ネタばれせずにCINEるか

かなり悪いオヤジの超独断映画批評。ネタばれごめんの毒舌映画評論ですのでお取扱いにはご注意願います。

ドリーム・シナリオ

2025年02月24日 | ネタバレなし批評篇

日本では昨年の都知事選における石丸某のミーム戦術が話題になったが、IT本家アメリカでもバズりを故意に起こそうとする研究がおさかんなようなのだ。見るからに映えない大学教授ポール(ニコラス・ケイジ)を、複数の人々の夢の中に登場させたらどんな社会現象が起こるのか。スプライト販売元のコカ・コーラ社や、本作に登場するデジタル広告代理店ならずとも、そのデータにはさぞ興味津々なことだろう。

どうもIT業界はスマホを使っていない時でも人びとの会話を録音解析しマーケットに役立てようと企んでいたらしい。とすると後生身の人間に残された自由時間は睡眠時のみということになるのだが、無意識下にある集団意識の中に“インターセプション”できれば、物を買わせるなんて自由自在、場合によっては不正投票なんかもウィルスや金に頼らずともコントロールすることが場合によっては可能になるかもしれない。AIに代わる次の技術とはもしかしたらもしかするのである。
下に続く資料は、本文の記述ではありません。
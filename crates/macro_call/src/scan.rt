// A call: the tokens in front of the first place, and the places.
ghost use Rattle.std.specs.Prelude.{◌≡◌, true, Option, ◌<◌, ◌+◌, ◌∷◌, [], ℕ, List, IfOk, IfErr, OnErr, length, None, ◌≢◌};
ghost use Rattle.std.specs.Option.{option_map};
ghost use Rattle.token_lists.specs.Table.{Entry, tokens_at, IsHeld};
ghost use Rattle.token_lists.specs.Accounts.{Moves, Keeps, none};
ghost use Rattle.token_lists.specs.Ids.{id_of, build_id};
ghost use Rattle.token_lists.specs.Refusals.{IsFull};
ghost use Rattle.plain_tokens.specs.Arguments.{start_of, delimiters_of, begins_with_place, gathering, Fed, Tok, Cut, Noted, mode_of};
ghost use Rattle.macro_args.specs.Args.{IsFilled};
ghost use Rattle.macro_call.specs.Cursors.{IsOn, delimiter_at};
ghost use Rattle.macro_call.specs.PlainScans.{first_scan, cut_scan, noted_scan};
ghost use Rattle.macro_call.specs.Scans.{scan_of, resume, scan_holds, Owns, IsSound, answer_of, IsOpen, Gains, Next, IsBetween, NextPlace, left_at, Enters, Answers, IsCutShort, TookIn, CutIn, IsReady, IsWhole, Completes};

use crate::ask::CallAsk;
use crate::cursor::{Cursor, at_first};
use crate::present::{Present, Step, abandon};
use crate::tokens::same;
use macro_args::Args;
use plain_tokens::ParMode;
use std::mem;
use tex_defs::{Full, Token};
use token_lists::{Build, ListRef, Lists};

/// The scanner that gathers the arguments of a call.
#[must_use]
pub struct ArgScan {
    // In front of the first place: the token that must come next. In a place: its delimiter.
    cursor: Cursor,
    mode: ParMode,
    // An extra brace was answered, and nothing came since.
    braced: bool,
    present: Option<Present>,
    args: Args,
}

// A token to the present argument, where there is one.
fn take_step(
    present: &mut Option<Present>,
    lists: &mut Lists,
    list: &ListRef,
    cursor: Cursor,
    mode: ParMode,
    x: Token,
) -> Result<Step, Full>
    requires on { IsOn lists.old (id_of list.now) cursor }
    requires ready { IsReady lists.old (id_of list.now) cursor present.old }
    ensures took { IfOk result (λ step. TookIn lists.old lists.new (id_of list.now) cursor mode x step present.old present.new) }
    ensures cut_short { OnErr result (CutIn lists.old lists.new (id_of list.now) cursor mode x present.old present.new) }
    ensures account { Moves lists.old lists.new none none }
    ensures full { IfErr result (λ f. IsFull f lists.new) }
    ensures length { length lists.new ≡ length lists.old }
{
    match present {
        Some(present) => present.feed(lists, list, cursor, mode, x),
        None => unreachable!(),
    }
}

impl ArgScan {
    // Behind the next place, if there is one. No place is looked for behind the ninth argument.
    #[inline(always)]
    fn next_place(&self, lists: &Lists, list: &ListRef) -> Option<Cursor>
        requires on { IsOn lists.now (id_of list.now) self.now.cursor }
        requires ends { delimiter_at lists.now (id_of list.now) self.now.cursor ≡ [] }
        requires filled { IsFilled self.now.args }
        ensures { NextPlace lists.now (id_of list.now) self.now result }
    {
        if self.args.count == 9 {
            return None;
        }
        self.cursor.behind_place(lists)
    }

    // Behind the tokens in front of the first place, or behind a delimiter: the next argument's list is begun as its
    // place is reached.
    #[inline(always)]
    fn enter(&mut self, lists: &mut Lists, list: &ListRef) -> Result<CallAsk, Full>
        requires { IsBetween lists.old (id_of list.now) self.old }
        ensures enters { IfOk result (λ answer. Enters lists.old lists.new (id_of list.now) self.old self.new answer) }
        ensures err { OnErr result (lists.new ≡ lists.old) }
        ensures unchanged { OnErr result (self.new ≡ self.old) }
        ensures place { OnErr result (0 < length (left_at lists.old (id_of list.now) self.old)) }
        ensures full { IfErr result (λ f. IsFull f lists.new) }
        ensures length { length lists.new ≡ length lists.old }
    {
        let Some(next) = self.next_place(lists, list) else {
            return Ok(CallAsk::Gathered);
        };
        let build = match lists.begin() {
            Ok(build) => build,
            Err(full) => return Err(full),
        };
        let none = mem::replace(&mut self.present, Some(Present::new(build, next)));
        abandon(lists, none);
        self.cursor = next;
        Ok(CallAsk::More)
    }

    // A token in front of the first place.
    fn feed_start(&mut self, lists: &mut Lists, list: &ListRef, x: Token) -> Result<CallAsk, Full>
        requires sound { IsSound lists.old (id_of list.now) self.old }
        requires start { self.old.present ≡ None }
        ensures answers { IfOk result (λ answer. Answers lists.old lists.new (id_of list.now) self.old self.new x answer) }
        ensures cut_short { OnErr result (IsCutShort lists.old lists.new (id_of list.now) self.old self.new x) }
        ensures full { IfErr result (λ f. IsFull f lists.new) }
        ensures length { length lists.new ≡ length lists.old }
    {
        let (wanted, next) = self.cursor.delimiting(lists, list);
        if !same(x, wanted) {
            return Ok(CallAsk::Mismatch);
        }
        self.cursor = next;
        if next.next_along(lists).is_some() {
            return Ok(CallAsk::More);
        }
        self.enter(lists, list)
    }

    // The list in work is a whole argument.
    #[inline(always)]
    fn complete(&mut self, lists: &mut Lists, list: &ListRef)
        requires { IsWhole lists.old (id_of list.now) self.old }
        ensures completes { Completes lists.old lists.new (id_of list.now) self.old self.new }
        ensures length { length lists.new ≡ length lists.old }
    {
        let Some(present) = mem::replace(&mut self.present, None) else {
            return;
        };
        let cell = present.finish(lists);
        self.args.keep(lists, cell);
        self.cursor = self.cursor.behind_delimiter(lists, list);
    }

    // A token in a place.
    #[inline(always)]
    fn feed_place(&mut self, lists: &mut Lists, list: &ListRef, x: Token) -> Result<CallAsk, Full>
        requires sound { IsSound lists.old (id_of list.now) self.old }
        requires in_place { self.old.present ≢ None }
        ensures answers { IfOk result (λ answer. Answers lists.old lists.new (id_of list.now) self.old self.new x answer) }
        ensures cut_short { OnErr result (IsCutShort lists.old lists.new (id_of list.now) self.old self.new x) }
        ensures full { IfErr result (λ f. IsFull f lists.new) }
        ensures length { length lists.new ≡ length lists.old }
    {
        let step = match take_step(&mut self.present, lists, list, self.cursor, self.mode, x) {
            Ok(step) => step,
            Err(full) => return Err(full),
        };
        self.braced = false;
        match step {
            Step::Argument => {
                self.complete(lists, list);
                self.enter(lists, list)
            }
            Step::ExtraBrace => {
                self.mode = ParMode::Short;
                self.braced = true;
                Ok(CallAsk::ExtraBrace)
            }
            Step::ParEnded => Ok(CallAsk::ParEnded(self.mode.is_checked())),
            Step::Skipped => Ok(CallAsk::More),
            Step::Going => Ok(CallAsk::More),
        }
    }

    /// A call of a macro begins, whose list is this one: `long` tells whether it is `\long`. Where the parameter text
    /// begins with a place, the first argument's list is begun. Behind nine arguments no further place is looked for.
    ///
    /// # Errors
    /// All words are used; nothing has changed.
    pub fn new(lists: &mut Lists, list: &ListRef, long: bool) -> Result<ArgScan, Full>
        requires held { IsHeld lists.old (id_of list.now) }
        requires some { 0 < length (start_of (tokens_at lists.old (id_of list.now))) + length (delimiters_of (tokens_at lists.old (id_of list.now))) }
        ensures sound { IfOk result (λ scan. IsSound lists.new (id_of list.now) scan) }
        ensures plain { IfOk result (λ scan. scan_of lists.new scan ≡ first_scan (tokens_at lists.old (id_of list.now)) (mode_of long)) }
        ensures stands { IfOk result (λ scan. (fed : List Fed) → resume lists.new (id_of list.now) scan fed ≡ gathering (tokens_at lists.old (id_of list.now)) (mode_of long) fed) }
        ensures account { IfOk result (λ scan. Moves lists.old lists.new none (scan_holds scan)) }
        ensures gains { IfOk result (λ scan. Gains lists.old none (scan_holds scan)) }
        ensures kept { Keeps lists.old lists.new none }
        ensures place { OnErr result (begins_with_place (tokens_at lists.old (id_of list.now)) ≡ true) }
        ensures err { OnErr result (lists.new ≡ lists.old) }
        ensures full { IfErr result (λ f. IsFull f lists.new) }
        ensures length { length lists.new ≡ length lists.old }
    {
        let mut cursor = at_first(lists, list);
        let mut present = None;
        if let Some(next) = cursor.behind_place(lists) {
            match lists.begin() {
                Ok(build) => {
                    let none = mem::replace(&mut present, Some(Present::new(build, next)));
                    abandon(lists, none);
                }
                Err(full) => {
                    abandon(lists, present);
                    return Err(full);
                }
            }
            cursor = next;
        }
        Ok(ArgScan {
            cursor,
            mode: if long { ParMode::Long } else { ParMode::Short },
            braced: false,
            present,
            args: Args::none(),
        })
    }

    /// Takes a token. What comes is what the definition of arguments asks for after all that was fed, and the scanner
    /// stands behind it. After an answer that ends the call, or a refusal, it may only lend its list and be abandoned; where
    /// all arguments are there, it gives them (`into_args`).
    ///
    /// # Errors
    /// All words are used: some of the tokens that go into the list in work are in it, from the first on, and not all, and
    /// nothing else has changed; or the argument is whole, and the next one's list isn't begun.
    pub fn feed(&mut self, lists: &mut Lists, list: &ListRef, token: Token) -> Result<CallAsk, Full>
        requires { IsSound lists.old (id_of list.now) self.old }
        ensures answers { IfOk result (λ answer. Answers lists.old lists.new (id_of list.now) self.old self.new token answer) }
        ensures cut_short { OnErr result (IsCutShort lists.old lists.new (id_of list.now) self.old self.new token) }
        ensures full { IfErr result (λ f. IsFull f lists.new) }
        ensures length { length lists.new ≡ length lists.old }
    {
        if self.present.is_none() {
            return self.feed_start(lists, list, token);
        }
        self.feed_place(lists, list, token)
    }

    /// A check came in the call, at a file's end or at an `\outer` name: from here the macro counts as not `\long`,
    /// and a `\par` that ends the call has no report.
    pub fn cut(&mut self)
        ensures sound { (table : List (Option Entry)) (macro : ℕ) → IsSound table macro self.old → IsSound table macro self.new }
        ensures plain { (table : List (Option Entry)) → scan_of table self.new ≡ cut_scan (scan_of table self.old) }
        ensures stands { (table : List (Option Entry)) (macro : ℕ) (fed : List Fed) → resume table macro self.old (Cut ∷ fed) ≡ resume table macro self.new fed }
        ensures same { scan_holds self.new ≡ scan_holds self.old }
    {
        self.mode = ParMode::Checked;
        self.braced = false;
    }

    /// The extra brace that was answered was put back and reported.
    pub fn noted(&mut self)
        ensures sound { (table : List (Option Entry)) (macro : ℕ) → IsSound table macro self.old → IsSound table macro self.new }
        ensures plain { (table : List (Option Entry)) → scan_of table self.new ≡ noted_scan (scan_of table self.old) }
        ensures stands { (table : List (Option Entry)) (macro : ℕ) (fed : List Fed) → resume table macro self.old (Noted ∷ fed) ≡ resume table macro self.new fed }
        ensures same { scan_holds self.new ≡ scan_holds self.old }
    {
        self.braced = false;
    }

    /// Whether an extra brace was answered last, and isn't noted yet.
    pub fn is_braced(&self) -> bool
        ensures { result ≡ self.now.braced }
    {
        self.braced
    }

    /// The list of the present argument, if there is one: what was read of it without a partial match, for the
    /// runaway text.
    pub fn built(&self) -> Option<&Build>
        ensures { option_map (λ b. build_id b.now) result ≡ option_map (λ p. build_id p.build) self.now.present }
    {
        match &self.present {
            Some(present) => Some(present.built()),
            None => None,
        }
    }

    /// The arguments so far, where no list is in work: all of them, once `feed` has answered so.
    pub fn into_args(self) -> Args
        requires { self.present ≡ None }
        ensures { result ≡ self.args }
    {
        let ArgScan {
            cursor: _,
            mode: _,
            braced: _,
            present,
            args,
        } = self;
        match present {
            None => args,
            Some(_present) => unreachable!(),
        }
    }

    /// Releases all lists that the scanner holds.
    pub fn abandon(self, lists: &mut Lists)
        requires { Owns lists.old self }
        ensures account { Moves lists.old lists.new (scan_holds self) none }
        ensures kept { Keeps lists.old lists.new (scan_holds self) }
        ensures length { length lists.new ≡ length lists.old }
    {
        let ArgScan {
            cursor: _,
            mode: _,
            braced: _,
            present,
            args,
        } = self;
        abandon(lists, present);
        args.release(lists);
    }
}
一度はバズって調子にのった石丸ならぬポールだが、映画冒頭旧約聖書から引用した【ファフロツキーズ現象】を娘の夢の中に登場させ、やがてダムネーション=天罰がポールに下ることを暗示する。ノルウェー人監督クリストファー・ボルグリは、処女作『シック・オブ・マイセルフ』の中で暴走する承認欲求を描いてみせたが、本作では承認欲求が満たされない男をさんざん持ち上げといてまっ逆さまに突き落とす、アメリカ人が大好きな【リアル・ファフロツキーズ現象】を見事に再現してみせている。

ポールが巻き起こした【This man騒動】はやがて【モルグ街の悪夢】へと発展。事実と異なる記憶を不特定多数の人が共有している【マンデラ効果】によって、当時いけてないライブパフォーマンスがパロディの標的にされたトーキング・ヘッズのデヴィッド・バーンのごとく、大学から停職処分を受け、子供たちからはガン無視、最愛の奥様からも別居を告げられてしまうのだ。現実社会では(多分?)何も悪いことをしていないのに、“独裁者”呼ばわりされたトランプ現大統領とおんなじだ。

そんなポール自身の転落データを元に代理店がこさえた夢転送装置“ノリオ”を使って、愛妻の夢の中へと侵入する主人公。「夢で会いましょう」とは、「もう二度と現実世界ではあなたと会いたくないわ」という意思表示とおそらく同義なのだろう。当時ロック仲間からさんざんっぱらコケにされたデヴィッド・バーンもどきの巨大肩パット入りスーツを颯爽と着こなしたケイジが、かつてハーレーに股がって悪党相手に正義の鞭をふるったゴーストライダーと同一人物だと気づくものはいないだろう。